Silicon Valley Bank just failed.
Will contagion spread across the financial system?
Let’s take a deep dive
Wednesday - Silvergate announced it’s ceasing operations
Thursday - Silicon Valley Bank stock crashes 60% as the bank scrambles to shore up liquidity
Friday - SVB fails, taken over by FDIC.
It’s been a horrible week for banks.
Silicon Valley Bank just failed, and FDIC is taking over
The bank attempted to raise capital, and couldn’t. Then they tried to sell to a larger bank, and couldn’t.
Now, SVB has failed and the FDIC will attempt to salvage customer assets.
Is this just the tip of the iceberg?
And how intertwined are all these banks?
Many banks are facing the same problem:
Their bond portfolios were locked in at low rates.
As depositors withdraw money, banks may have to sell their bonds at huge losses to come up with the money.
If too many customers withdraw at once, the bank’s losses could be massive.
Silicon Valley Bank’s problems started with a $1.8 billion loss on the sale of its AFS (available for sale) bond portfolio.
Rumors swirled that SVB was facing huge interest rate risks on its $91 billion portfolio.
This panic caused some customers to withdraw money (it’s unclear how much at this point).
Withdrawals feed the vicious cycle of selling bonds at a loss to cover the outgoing deposits.
SVB theoretically had the assets to cover deposits (which they are legally obligated to do)
BUT, the real question was: how liquid are those assets? And can they be liquidated without causing massive losses?
Turns out, the answer to the last question was ‘no’.
Are other banks facing this problem?
Take First Republic Bank. Its stock was down as much as 50% today on similar fears, but has since recovered a bit.
OUCH! First Republic Bank sinks amid wider selloff in bank stocks. Plunges 50% in fallout from SVB.
But the word ‘contagion’ doesn’t necessarily apply to the issues with bond portfolios.
This issue has little to do with its relationship with other banks - it would be a problem regardless of SVB’s dealings with any other banks.
Interest rate risk is an inherent challenge of running a bank.
However, a contagion could still be playing out.
The potential failure of one bank can lead to many others failing just because of fear.
Naturally, people are looking at what other banks have a potential weakness.
First Republic and many others were identified earlier today.

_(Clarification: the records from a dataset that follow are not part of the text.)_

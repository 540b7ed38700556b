//! Register correspondence (van Eijk 2000): latches that are equal, opposite or constant in every state that is
//! reached while the constraints are kept.
//!
//! - `correspond` answers clauses over such latches, two for a pair and one for a constant, that are inductive, and
//!   whether they are an invariant that excludes the bad literal.
//! - `Corresponding` is an engine that asks for them first. Where they don't exclude the bad literal, it asks another
//!   engine about the circuit in which equal latches are merged (`merged`), and gives its finding back: a run as it is,
//!   an invariant behind the clauses.
//!
//! Simulation splits the latches into classes (`latch_classes`). Then come rounds of induction: a solver has the circuit at one time
//! and the clauses of all classes, and is asked of each clause whether it holds after a step. A state in which it
//! does not splits classes. A round that splits none ends this. Where the classes of a round don't exclude the bad literal,
//! no later ones do: then the rounds go on for what can be merged, with a part of what is left of the budget.
//!
//! Before a round asks, SAT sweeping (`sweep`) has the solver learn which signals are equal at one time. That each clause holds
//! at first is seen by the resets; that it holds after a step, and that all exclude the bad literal, by the last round's answers.
//!
//! A round costs a pass and a query for each clause, which takes what the solver spends.
#![tactic(auto)]

mod corresponding;
mod equal_latches;
mod equalities;
mod finding;
mod merging;
mod rounds;
mod sweeping;

pub use corresponding::Corresponding;
pub use equal_latches::Correspondence;
pub use finding::correspond;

Now many customers of those banks are fearful and withdrawing money.
Bank stocks halted right now:
First Republic Bank
Silicon Valley Bank
Western Alliance Bancorporation
This is a critical moment for banking and the entire economy
Many are pointing out that banks with bad business practices are the only ones in danger here.
Banks that have responsibly managed deposits and investments should (in theory) be safe.
Many are also comparing this to 2008 with Lehman Brothers and Bear Stearns
One thing to keep in mind is that those institutions were investment banks, and we’re talking about commercial banks that take in deposits.
While a commercial bank can certainly get into trouble, they can’t have anywhere near the 31x leverage that Lehman had when it collapsed
But, commercial banks can certainly fail. Selling bonds at losses and realizing losses on bad loans are two big problems banks are having now
So the contagion could be a bevy of problems that hit many banks at once: Interest rate risk and losses on bad mortgage and consumer loans, for example.
So if the economy gets worse, these banks could be in more trouble.
But Silvergate and SVB did business with FTX, plus many other formerly overvalued tech companies that are now crashing back to Earth.
Stop me if you’ve heard this one before.
Silicon Valley Bank did business with FTX.
Are big banks like Wells Fargo and JP Morgan in danger?
Michael Barr, the Fed’s vice chair for supervision, spoke on that yesterday:
The markets will quickly identify the banks with large interest rate risk and too much leverage.
And those banks will either shore up liquidity quickly, or meet a similar fate as Silvergate.